* [Exercise goal] The required output is the line with "Hears (T.heard taker.old) (T.heard taker.new) es)" through the final line of the entries, each one exactly as it stands.

Source records:
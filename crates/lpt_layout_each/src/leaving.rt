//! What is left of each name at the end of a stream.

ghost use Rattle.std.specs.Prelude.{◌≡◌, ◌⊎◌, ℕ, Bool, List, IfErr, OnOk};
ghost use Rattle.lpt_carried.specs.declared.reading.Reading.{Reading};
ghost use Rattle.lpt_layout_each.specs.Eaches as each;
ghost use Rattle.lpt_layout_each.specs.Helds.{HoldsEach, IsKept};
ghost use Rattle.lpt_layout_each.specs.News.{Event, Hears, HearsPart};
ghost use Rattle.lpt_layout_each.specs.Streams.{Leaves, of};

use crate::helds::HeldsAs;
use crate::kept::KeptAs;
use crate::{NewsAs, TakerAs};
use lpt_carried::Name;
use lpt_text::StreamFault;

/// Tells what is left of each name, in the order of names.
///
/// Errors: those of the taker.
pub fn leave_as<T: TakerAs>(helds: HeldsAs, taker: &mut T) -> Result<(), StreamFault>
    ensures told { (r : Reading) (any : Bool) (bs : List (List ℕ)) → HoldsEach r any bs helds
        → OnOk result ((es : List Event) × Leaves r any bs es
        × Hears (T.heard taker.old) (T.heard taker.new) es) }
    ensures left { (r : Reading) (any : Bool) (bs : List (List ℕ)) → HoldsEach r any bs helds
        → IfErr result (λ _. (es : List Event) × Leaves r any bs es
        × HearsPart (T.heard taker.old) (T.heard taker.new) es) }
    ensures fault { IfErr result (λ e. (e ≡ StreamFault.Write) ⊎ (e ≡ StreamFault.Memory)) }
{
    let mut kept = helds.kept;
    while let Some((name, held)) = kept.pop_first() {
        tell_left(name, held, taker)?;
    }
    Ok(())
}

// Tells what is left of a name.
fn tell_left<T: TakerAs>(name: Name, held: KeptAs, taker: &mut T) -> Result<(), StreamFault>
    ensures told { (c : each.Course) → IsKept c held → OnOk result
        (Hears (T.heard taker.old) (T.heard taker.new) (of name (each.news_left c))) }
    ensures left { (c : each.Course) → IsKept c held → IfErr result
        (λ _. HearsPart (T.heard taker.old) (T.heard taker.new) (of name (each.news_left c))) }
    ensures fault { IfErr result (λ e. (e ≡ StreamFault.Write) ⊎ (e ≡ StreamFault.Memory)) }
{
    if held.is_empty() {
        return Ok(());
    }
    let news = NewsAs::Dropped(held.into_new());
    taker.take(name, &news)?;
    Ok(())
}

* [Completed exercise]
        × Hears (T.heard taker.old) (T.heard taker.new) es) }
    ensures left { (r : Reading) (any : Bool) (bs : List (List ℕ)) → HoldsEach r any bs helds
        → IfErr result (λ _. (es : List Event) × Leaves r any bs es
        × HearsPart (T.heard taker.old) (T.heard taker.new) es) }
    ensures fault { IfErr result (λ e. (e ≡ StreamFault.Write) ⊎ (e ≡ StreamFault.Memory)) }
{
    let mut kept = helds.kept;
    while let Some((name, held)) = kept.pop_first() {
        tell_left(name, held, taker)?;
    }
    Ok(())
}

// Tells what is left of a name.
fn tell_left<T: TakerAs>(name: Name, held: KeptAs, taker: &mut T) -> Result<(), StreamFault>
    ensures told { (c : each.Course) → IsKept c held → OnOk result
        (Hears (T.heard taker.old) (T.heard taker.new) (of name (each.news_left c))) }
    ensures left { (c : each.Course) → IsKept c held → IfErr result
        (λ _. HearsPart (T.heard taker.old) (T.heard taker.new) (of name (each.news_left c))) }
    ensures fault { IfErr result (λ e. (e ≡ StreamFault.Write) ⊎ (e ≡ StreamFault.Memory)) }
{
    if held.is_empty() {
        return Ok(());
    }
    let news = NewsAs::Dropped(held.into_new());
    taker.take(name, &news)?;
    Ok(())
}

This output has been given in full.